Lonjakan Pengiriman Ribuan Sapi NTB ke Jabodetabek Dipantau Ketat BKHIT NTB
- 21 Mei 2026 21:01 WIB
- Mataram
RRI.CO.ID, Lombok Barat - Menjelang Hari Raya Idul Adha 2026, arus pengiriman sapi kurban dari Nusa Tenggara Barat terus bergerak masif menuju berbagai daerah di Indonesia, terutama wilayah Jabodetabek. Hingga 17 Mei 2026, tercatat puluhan ribu ekor sapi telah diberangkatkan dengan pengawasan ketat demi memastikan kesehatan ternak tetap aman dan bebas dari ancaman Penyakit Mulut dan Kuku (PMK).

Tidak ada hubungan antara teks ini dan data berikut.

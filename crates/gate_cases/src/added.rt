// What a text adds to another one.
use bstr::ByteSlice;
use std::alloc::{AllocError, Global};

/// The lines that a text has between those of another one, each run of them below the line after which it comes. None
/// where that isn't all that it has, and where the other one is empty.
pub fn lines_added(
    alloc: Global,
    before: &[u8],
    after: &[u8],
) -> Result<Option<Vec<u8>>, AllocError> {
    let mut text = Vec::new(alloc);
    let mut left = before;
    let mut number = 0u32;
    let mut is_adding = false;
    for line in after.lines_with_terminator() {
        if let Some(rest) = left.strip_prefix(line) {
            left = rest;
            number = number.saturating_add(1);
            is_adding = false;
        } else {
            if !is_adding {
                text.extend_from_slice(heading(alloc, number)?.as_bytes())?;
            }
            text.extend_from_slice(line)?;
            is_adding = true;
        }
    }
    if before.is_empty() || !left.is_empty() {
        return Ok(None);
    }
    Ok(Some(text))
}

fn heading(alloc: Global, number: u32) -> Result<String, AllocError> {
    format!(in alloc; "+ behind line {number} of the input:\n")
}
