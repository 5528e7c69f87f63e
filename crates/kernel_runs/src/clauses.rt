//! The clauses of the runs.
//!
//! Each has three positive literals. Those that share one have the literal of the variable 1, and two of their own, so that the list of
//! occurrences of that literal has every clause; the others have three of their own. The variables of a clause rise with its number.
use sat_model::literal::{Lit, Var};

// The clause of a number, or `None` where its variables are too great.
pub(crate) fn clause_of(number: u32, shared: bool) -> Option<[Lit; 3]> {
    let last = if shared {
        number.checked_mul(2)?.checked_add(3)?
    } else {
        number.checked_mul(3)?.checked_add(3)?
    };
    let first = if shared { 1 } else { last - 2 };
    Some([
        Var::new(first)?.positive(),
        Var::new(last - 1)?.positive(),
        Var::new(last)?.positive(),
    ])
}
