//! Clauses that are parked and restored by the kernel's rules.
//!
//! Each rule has a condition, and the run looks whether it holds:
//!
//! - a clause comes by `add`, which wants it normal, and clean for the stack: both are tests;
//! - it is parked with its last literal as witness. No firm clause holds the negation of that literal, which its list of occurrences
//!   shows; so setting it true makes no firm clause false (a pure literal);
//! - it is restored where it is clean for the stack, hence for the entries behind it.
//!
//! Each test takes as many steps as the clause has literals, so that the time of a run is that of the rules.
ghost use Rattle.std.specs.Prelude.{◌≡◌, ◌<◌, ◌∷◌, [], true, IfSome};
ghost use Rattle.redundancy.specs.Redundancy.{Witnesses};
ghost use Rattle.clause_store.specs.Stored.{slot, slot_lits, is_firm as firm_slot, OthersTrue};

use crate::clauses::clause_of;
use crate::request::Report;
use clause_store::store::Store;
use clause_store::stored::Keep;
use normal_form::forms::is_normal;
use rule_kernel::kernel::Kernel;
use sat_model::lists::ClauseId;
use sat_model::literal::Lit;
use sat_model::memory::Memory;
use std::alloc::Global;

// Adds the clause of a number, if it is normal and clean.
fn add_one(kernel: &mut Kernel, number: u32, shared: bool) -> Result<Option<ClauseId>, Memory> {
    let Some(lits) = clause_of(number, shared) else {
        return Ok(None);
    };
    if !is_normal(&lits) || !kernel.is_clean(&lits) {
        return Ok(None);
    }
    let id = kernel.add(&lits)?;
    Ok(Some(id))
}

// Adds so many clauses, and gives their ids.
fn add_each(
    alloc: Global,
    kernel: &mut Kernel,
    count: u32,
    shared: bool,
) -> Result<Vec<ClauseId>, Memory> {
    let mut ids = Vec::new(alloc);
    for number in 0..count {
        if let Some(id) = add_one(kernel, number, shared)? {
            ids.push(id)?;
        }
    }
    Ok(ids)
}

// Whether an id names a firm clause.
fn is_firm(store: &Store, id: ClauseId) -> bool
    ensures { result ≡ firm_slot (slot store.now id) }
{
    store.is_live(id) && store.keep(id) == Keep::Firm
}

// The last literal of a firm clause, where no firm clause holds the negation: it witnesses the clause for the others.
fn witness_of(store: &Store, id: ClauseId) -> Option<Lit>
    ensures firm { IfSome result (λ _. firm_slot (slot store.now id) ≡ true) }
    ensures witnessed { IfSome result (λ l. Witnesses (OthersTrue store.now id) (l ∷ []) (slot_lits (slot store.now id))) }
{
    if !is_firm(store, id) {
        return None;
    }
    let lits = store.get(id);
    if lits.is_empty() {
        return None;
    }
    let last = lits[lits.len() - 1];
    if !store.occ(last.neg()).is_empty() {
        return None;
    }
    Some(last)
}

// Parks a firm clause, where it has a witness.
fn park_one(kernel: &mut Kernel, id: ClauseId) -> Result<(), Memory> {
    match witness_of(kernel.store(), id) {
        Some(witness) => kernel.park(id, &[witness]),
        None => Ok(()),
    }
}

// Parks the clauses of these ids, in their order.
fn park_each(kernel: &mut Kernel, ids: &[ClauseId]) -> Result<(), Memory> {
    for id in ids {
        park_one(kernel, *id)?;
    }
    Ok(())
}

// Restores the entry at a place, if it is there and its clause is clean.
fn restore_one(kernel: &mut Kernel, k: usize) -> Result<(), Memory> {
    if k >= kernel.stack().len() || !kernel.is_clean(kernel.stack().clause(k)) {
        return Ok(());
    }
    let _id = kernel.restore(k)?;
    Ok(())
}

// Restores the entries whose places a number divides, from the newest to the oldest.
fn restore_each(kernel: &mut Kernel, every: usize) -> Result<(), Memory>
    requires { 0 < every }
{
    for k in (0..kernel.stack().len()).rev() {
        if k % every == 0 {
            restore_one(kernel, k)?;
        }
    }
    Ok(())
}

// Adds so many clauses to a kernel, parks them, and restores those at the places that a number divides.
pub(crate) fn park_and_restore(
    alloc: Global,
    count: u32,
    shared: bool,
    every: usize,
) -> Result<Report, Memory>
    requires { 0 < every }
{
    let mut kernel = Kernel::new(alloc);
    let ids = add_each(alloc, &mut kernel, count, shared)?;
    park_each(&mut kernel, ids.as_slice())?;
    restore_each(&mut kernel, every)?;
    Ok(Report {
        came: ids.len(),
        went: kernel.removals(),
        came_back: kernel.restores(),
        stored: kernel.store().firm_ids().len(),
        parked: kernel.stack().len(),
    })
}
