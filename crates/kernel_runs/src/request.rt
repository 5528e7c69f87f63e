//! What a line asks for, and what is reported.
//!
//! The program is measured from outside: a script writes one line for each run, the name of a kind
//! of work and how many clauses it is over, and reads one line for each, the work and what it left.
//! So one build serves all sizes and kinds, the script takes the times, and a run whose counts are
//! not those that were asked for is seen in the report. The number is bounded, since each clause
//! has variables of its own and these must be variables of the store.
use std::fmt;

// The most clauses of a run, so that their variables are variables.
const MOST: u32 = 1_000_000;

// Which run.
#[derive(Clone, Copy, Debug, PartialEq, Eq)]
pub(crate) enum Run {
    Add,
    Jump,
    Shared,
    Apart,
    Spread,
}

// A run over so many clauses.
#[derive(Clone, Copy)]
pub(crate) struct Request {
    pub(crate) run: Run,
    pub(crate) count: u32,
}

// The run of a name.
fn run_of(name: &str) -> Option<Run> {
    match name {
        "add" => Some(Run::Add),
        "jump" => Some(Run::Jump),
        "shared" => Some(Run::Shared),
        "apart" => Some(Run::Apart),
        "spread" => Some(Run::Spread),
        _ => None,
    }
}

impl Request {
    // What a line asks for: a name and a number with a space between them.
    pub(crate) fn parse(line: &str) -> Option<Request> {
        let (name, number) = line.split_once(' ')?;
        let run = run_of(name)?;
        let count = number.trim().parse::<u32>().ok()?;
        if count > MOST {
            return None;
        }
        Some(Request { run, count })
    }
}

// How many clauses were added, removed or parked, and restored; how many are in the store, and how many on the stack.
#[derive(Clone, Copy)]
pub(crate) struct Report {
    pub(crate) came: usize,
    pub(crate) went: u64,
    pub(crate) came_back: u64,
    pub(crate) stored: usize,
    pub(crate) parked: usize,
}

impl fmt::Display for Report {
    fn fmt<W: fmt::Write>(&self, f: &mut fmt::Formatter<W>) -> fmt::Result {
        write!(
            f,
            "{} came, {} went, {} came back; ",
            self.came, self.went, self.came_back
        )?;
        write!(
            f,
            "{} in the store, {} on the stack",
            self.stored, self.parked
        )
    }
}
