//! Fills and empties a store, and parks and restores clauses with a kernel, as many as it is told: bench/kernel.py shows by it how their
//! time grows.
//!
//! Each line of standard input is a run, as `shared 50000`:
//!
//!     add N       adds N clauses that share a literal to a store, and removes them in another order
//!     jump N      the same, where each clause that is removed is far from the one before
//!     shared N    adds N clauses that share a literal to a kernel, parks all, and restores them from the newest to the oldest
//!     apart N     the same with clauses that share none
//!     spread N    adds and parks N clauses that share none, and restores every second one from the newest to the oldest
//!
//! A line of output says how many clauses came, went and came back, and where they are in the end; it says nothing of time. All runs of an
//! input begin with nothing.
#![tactic(auto)]

mod clauses;
mod parking;
mod request;
mod storing;

use crate::parking::park_and_restore;
use crate::request::{Report, Request, Run};
use crate::storing::add_and_remove;
use sat_model::memory::Memory;
use std::alloc::Global;
use std::io;

// Does what a line asks for.
fn answer(alloc: Global, request: Request) -> Result<Report, Memory> {
    match request.run {
        Run::Add => add_and_remove(alloc, request.count, false),
        Run::Jump => add_and_remove(alloc, request.count, true),
        Run::Shared => park_and_restore(alloc, request.count, true, 1),
        Run::Apart => park_and_restore(alloc, request.count, false, 1),
        Run::Spread => park_and_restore(alloc, request.count, false, 2),
    }
}

fn main(rt: HostRuntime) -> io::Result<()> {
    let alloc = rt.alloc();
    for line in rt.lines(alloc) {
        let line = line?;
        let Some(request) = Request::parse(line.as_str()) else {
            println!(rt;
                "refused: add, jump, shared, apart or spread, and a number up to 1000000"
            )?;
            continue;
        };
        match answer(alloc, request) {
            Ok(report) => println!(rt; "{}: {report}", line.as_str())?,
            Err(Memory) => println!(rt; "{}: no memory", line.as_str())?,
        }
    }
    Ok(())
}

Kepala Balai Karantina Hewan Ikan dan Tumbuhan Nusa Tenggara Barat, Ina Soelistyani, mengungkapkan lalu lintas pengiriman sapi keluar NTB mengalami peningkatan signifikan menjelang Idul Adha tahun ini.
“Per tanggal 17 Mei 2026, total sapi yang keluar dari NTB sudah mencapai 26.800 ekor khusus untuk kebutuhan kurban di Jabodetabek,” ujar Ina saat ditemui RRI di Kantor BKHIT Nusa Tenggara Barat. Kamis 21 Mei 2026.
Ina menjelaskan, frekuensi pengiriman khusus wilayah Jabodetabek mencapai sekitar 1.094 kali pengiriman. Sementara secara keseluruhan, total frekuensi pengiriman ternak dari NTB sejak Januari hingga pertengahan Mei 2026 mencapai sekitar 1.400 kali.
“Kalau total keseluruhan sapi yang keluar dari NTB sejak Januari sampai 17 Mei sudah sekitar 31 ribu ekor. Dari jumlah itu, sekitar 3.000 ekor merupakan pengiriman khusus kebutuhan kurban,” katanya.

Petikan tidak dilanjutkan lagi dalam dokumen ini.